'''
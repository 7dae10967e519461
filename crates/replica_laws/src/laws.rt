//! The laws of one node.
ghost use Rattle.std.specs.Prelude.{◌≡◌, ◌<◌, ◌≤◌, ◌↔◌, ◌^◌, ◌-◌, ◌++◌, max, ℕ, true, List, length, take};
ghost use Rattle.smart_base.specs.Lists.{Each};
ghost use Rattle.smart_base.specs.Views.{View, is_view};
ghost use Rattle.smart_statements.specs.Spelling.{IsSigner};
ghost use Rattle.smart_statements.specs.Batches.{Batch};
ghost use Rattle.smart_statements.specs.declared.entry.NodeEvent.{NodeEvent};
ghost use Rattle.smart_service.specs.declared.table.Execution.{Execution};
ghost use Rattle.smart_service.specs.declared.replica.Replica.{Replica};
ghost use Rattle.vote_book.specs.Books.{last_made};
ghost use Rattle.vote_book.specs.Entries.{FitsEntry};
ghost use Rattle.vote_book.specs.declared.entry.LogEntry.{LogEntry};
ghost use Rattle.replica_rules.specs.Replicas.{empty, executions, state, views_after};
ghost use Rattle.replica_rules.specs.Seals.{is_alone};
ghost use Rattle.agreement_laws.specs.Statements.{Statement};
ghost use Rattle.node_rules.specs.Nodes.{Node, ring_of};
ghost use Rattle.node_rules.specs.Steps.{step_of, Outset, outset, opened};
ghost use Rattle.node_rules.specs.Reopening.{decided_of, reopened};
ghost use Rattle.node_rules.specs.Kept.{node_after};
ghost use Rattle.node_laws.specs.Restored.{IsSoundBook};
ghost use Rattle.node_laws.specs.Sound.{IsSound};
ghost use Rattle.replica_laws.specs.Books.{passing, begins, is_installation, AcceptsOnce, DeliversInOrder};
ghost use Rattle.replica_laws.specs.Bases.{base_of, lines_of};
ghost use Rattle.replica_laws.specs.Lines.{HasLine, InOrder, HoldsExecuted, HoldsAmong};
ghost use Rattle.smart_service.specs.Tables.{kept_in};
ghost use Rattle.replica_laws.specs.Sending.{LeavesFirm, HoldsOwn, IsByteEvent, HoldsGenuine};

use smart_service::service::Service;

/// A node accepts at most one batch in a slot, whatever it begins from, and whatever comes in whatever
/// order.
pub fn accepts_once<S: Service>()
    ensures { (o : Outset S) (events : List NodeEvent) → AcceptsOnce (node_after S.meaning (opened o) events).entries }
{}

/// A node's replica is that of its base after the batches that it decided past the base's place, in
/// order, whatever comes. If a batch waits, the replica lacks it. The base is the replica that the node
/// began with, or the one that it took over last.
pub fn delivers_in_order<S: Service>()
    ensures { (o : Outset S) (events : List NodeEvent) → DeliversInOrder S.meaning (base_of S.meaning o.replica (opened o) events) (node_after S.meaning (opened o) events) }
{}

/// A member may restart from each front of its book, if it began with the empty replica and took over
/// none (recovery: Dura-SMaRt, USENIX ATC 2013). Such a front is sound in the views behind what it
/// decides, as `reopened` of node_laws' `a_restart_is_sound` wants it. Those are fewer views than the
/// node knows, or one more, if a batch that makes a view still waits.
///
/// - `opened`, `reopened`: a node that has been opened or reopened delivers in order from the replica that
///   it began with.
/// - `along`: it goes on to do so whatever comes, while its book tells of no installation more. It keeps
///   the place with which it began.
/// - `known`: a node that delivers in order from the state after a list knows the views behind the list
///   and what it has delivered since.
/// - `longer`: a book that makes no place past a list is sound in the views behind the list if and only if
///   it is so in those behind a longer one.
/// - `front`, `restarts`: take a sound node that delivers in order from the empty replica, and whose book
///   tells of no installation. Each front of its book is sound in the views behind what the front decides.
///   So the node after a restart from that front is sound.
pub fn a_member_restarts_from_each_front<S: Service>()
    ensures opened { (o : Outset S) → DeliversInOrder S.meaning o.replica (opened o) }
    ensures reopened { (o : Outset S) (entries : List LogEntry) → DeliversInOrder S.meaning o.replica (reopened S.meaning o entries) }
    ensures along { (base : Replica S) (n : Node S) (events : List NodeEvent) → DeliversInOrder S.meaning base n →
        passing is_installation (node_after S.meaning n events).entries ≤ passing is_installation n.entries →
        DeliversInOrder S.meaning base (node_after S.meaning n events) × (node_after S.meaning n events).opening ≡ n.opening }
    ensures known { (view : View) (list : List Batch) (n : Node S) → DeliversInOrder S.meaning (state S.meaning view list) n →
        n.replica.views ≡ views_after view (list ++ take (n.replica.place - length list) (decided_of (length list) n.entries)) }
    ensures longer { (secret : List ℕ) (stated : List Statement) (view : View) (list more : List Batch) (entries : List LogEntry) → is_view view ≡ true →
        Each (λ b. is_alone b ≡ true) (list ++ more) → length (list ++ more) < 2 ^ 63 → last_made entries ≤ length list →
        (IsSoundBook secret stated (views_after view list) entries ↔ IsSoundBook secret stated (views_after view (list ++ more)) entries) }
    ensures front { (stated : List Statement) (first : View) (n : Node S) (k : ℕ) → IsSound stated first n → DeliversInOrder S.meaning (empty S.meaning first) n → n.opening ≡ 0 →
        passing is_installation n.entries ≡ 0 →
        IsSoundBook (ring_of n) stated (views_after first (decided_of 0 (take k n.entries))) (take k n.entries) }
    ensures restarts { (stated : List Statement) (first : View) (n : Node S) (id period k : ℕ) → IsSound stated first n → DeliversInOrder S.meaning (empty S.meaning first) n → n.opening ≡ 0 →
        passing is_installation n.entries ≡ 0 →
        IsSound stated first (reopened S.meaning (outset S.meaning (ring_of n) id first period) (take k n.entries)) }
{}

/// A client's request of a number is executed at most once, whatever batches are delivered (state
/// machine replication). Executions stand in the order of their places and indices, each once.
pub fn executes_once<S: Service>()
    ensures one { (view : View) (list : List Batch) (a b : Execution) → HasLine (executions S.meaning view list) a → HasLine (executions S.meaning view list) b →
        a.client ≡ b.client → a.seq ≡ b.seq → a ≡ b }
    ensures ordered { (view : View) (list : List Batch) → InOrder (executions S.meaning view list) }
{}

/// Whatever comes, each reply that a node holds tells an execution that the node knows: the reply of
/// that execution, to that client and number, at that place and index, in that view. It knows the
/// executions of what it delivered, and those that the table has of each replica that it began with or
/// took over. So it is of a node that has been opened, and of one that has been reopened, from whatever
/// entries.
///
/// More is said if the node began with the empty replica, and its book tells of no installation. Then
/// each held reply tells an execution of the batches that its book decides, on the empty replica. A
/// reopened node's book may tell of as many installations as the entries that it went on from.
pub fn replies_tell_executions<S: Service>()
    ensures opened { (o : Outset S) (events : List NodeEvent) → HoldsAmong (kept_in o.replica.table ++ lines_of S.meaning (opened o) events) (node_after S.meaning (opened o) events) }
    ensures reopened { (o : Outset S) (entries : List LogEntry) (events : List NodeEvent) →
        let n = reopened S.meaning o entries in HoldsAmong (kept_in n.replica.table ++ lines_of S.meaning n events) (node_after S.meaning n events) }
    ensures alone_opened { (secret : List ℕ) (id : ℕ) (view : View) (period : ℕ) (events : List NodeEvent) →
        passing is_installation (node_after S.meaning (opened (outset S.meaning secret id view period)) events).entries ≡ 0 →
        HoldsExecuted S.meaning view (node_after S.meaning (opened (outset S.meaning secret id view period)) events) }
    ensures alone_reopened { (secret : List ℕ) (id : ℕ) (view : View) (period : ℕ) (entries : List LogEntry) (events : List NodeEvent) →
        passing is_installation (node_after S.meaning (reopened S.meaning (outset S.meaning secret id view period) entries) events).entries ≤ passing is_installation entries →
        HoldsExecuted S.meaning view (node_after S.meaning (reopened S.meaning (outset S.meaning secret id view period) entries) events) }
{}

/// No step begins a regency that the book has begun, whatever the book is: of each regency of a view a
/// step leaves at most as many beginnings as there were, or one where there was none. So a node that has
/// been opened begins each regency once at most, whatever comes. One that has been reopened, from
/// whatever entries, begins none of those that they begin, and each other once at most.
pub fn a_regency_begins_once<S: Service>()
    ensures step { (n : Node S) (event : NodeEvent) (view regency : ℕ) →
        passing (begins view regency) (step_of S.meaning n event).node.entries ≤ max 1 (passing (begins view regency) n.entries) }
    ensures opened { (o : Outset S) (events : List NodeEvent) (number regency : ℕ) →
        passing (begins number regency) (node_after S.meaning (opened o) events).entries ≤ 1 }
    ensures reopened { (o : Outset S) (entries : List LogEntry) (events : List NodeEvent) (number regency : ℕ) →
        passing (begins number regency) (node_after S.meaning (reopened S.meaning o entries) events).entries ≤ max 1 (passing (begins number regency) entries) }
{}

/// A vote leaves only after its entry is firm. A reply leaves only after firm entries make its place
/// or a later one. A report leaves only after its promise is firm, and firm entries before that are
/// what it says. A MARK leaves only after the entry of its mark is firm. An offer of state leaves only
/// after the entries of all its marks are firm. A view is told only after firm entries make the place
/// before its first, or a later one. For other messages nothing is claimed. That replies wait for the
/// log is Dura-SMaRt's (USENIX ATC 2013). That votes, reports, marks and views do is this project's own
/// rule.
///
/// Whatever comes to a node that has let nothing go yet, each vote, report, reply, MARK, offer of state
/// and view that would leave it now rests on firm entries.
pub fn votes_leave_when_firm<S: Service>()
    ensures { (secret : List ℕ) (id : ℕ) (view : View) (period : ℕ) (events : List NodeEvent) → LeavesFirm (node_after S.meaning (opened (outset S.meaning secret id view period)) events) }
{}

/// A message that a node holds names the node as its signer, whatever comes. The exception is a
/// client's request that it passes on to one member. A reply goes to the client that it names, and a
/// report to one member. An offer names the node, and so does each mark in it. A decision and a part go to
/// one member. A view is told to clients.
pub fn holds_its_own<S: Service>()
    ensures { (secret : List ℕ) (id : ℕ) (view : View) (period : ℕ) (events : List NodeEvent) → HoldsOwn id (node_after S.meaning (opened (outset S.meaning secret id view period)) events) }
{}

/// A message that a node holds bears its signer's tag, whatever bytes come. Each request of a batch
/// in it, each report of a SYNC, each ACCEPT of a decision and each mark of an offer bears its signer's
/// tag too. Its bytes are read as itself. A SYNC
/// is read as itself if no report in it with last place 0 bears evidence.
pub fn what_is_held_is_read<S: Service>()
    ensures { (secret : List ℕ) (id : ℕ) (view : View) (period : ℕ) (events : List NodeEvent) → IsSigner 1 id → is_view view ≡ true → Each IsByteEvent events →
        HoldsGenuine (node_after S.meaning (opened (outset S.meaning secret id view period)) events) }
{}

/// An entry of a node's book has a spelling that a disk can hold, whatever bytes come.
pub fn what_is_recorded_has_a_spelling<S: Service>()
    ensures { (secret : List ℕ) (id : ℕ) (view : View) (period : ℕ) (events : List NodeEvent) → IsSigner 1 id → is_view view ≡ true → period < 2 ^ 32 → Each IsByteEvent events →
        Each FitsEntry (node_after S.meaning (opened (outset S.meaning secret id view period)) events).entries }
{}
'''
▸ **Work task**: Restate word for word the entries above from the line with "(n : Node S) (k" through the line with "IsSoundBook (ring_of n)", inclusive, leaving out everything else.

▸ **Task response**:
    ensures front { (stated : List Statement) (first : View) (n : Node S) (k : ℕ) → IsSound stated first n → DeliversInOrder S.meaning (empty S.meaning first) n → n.opening ≡ 0 →
        passing is_installation n.entries ≡ 0 →
        IsSoundBook (ring_of n) stated (views_after first (decided_of 0 (take k n.entries))) (take k n.entries) }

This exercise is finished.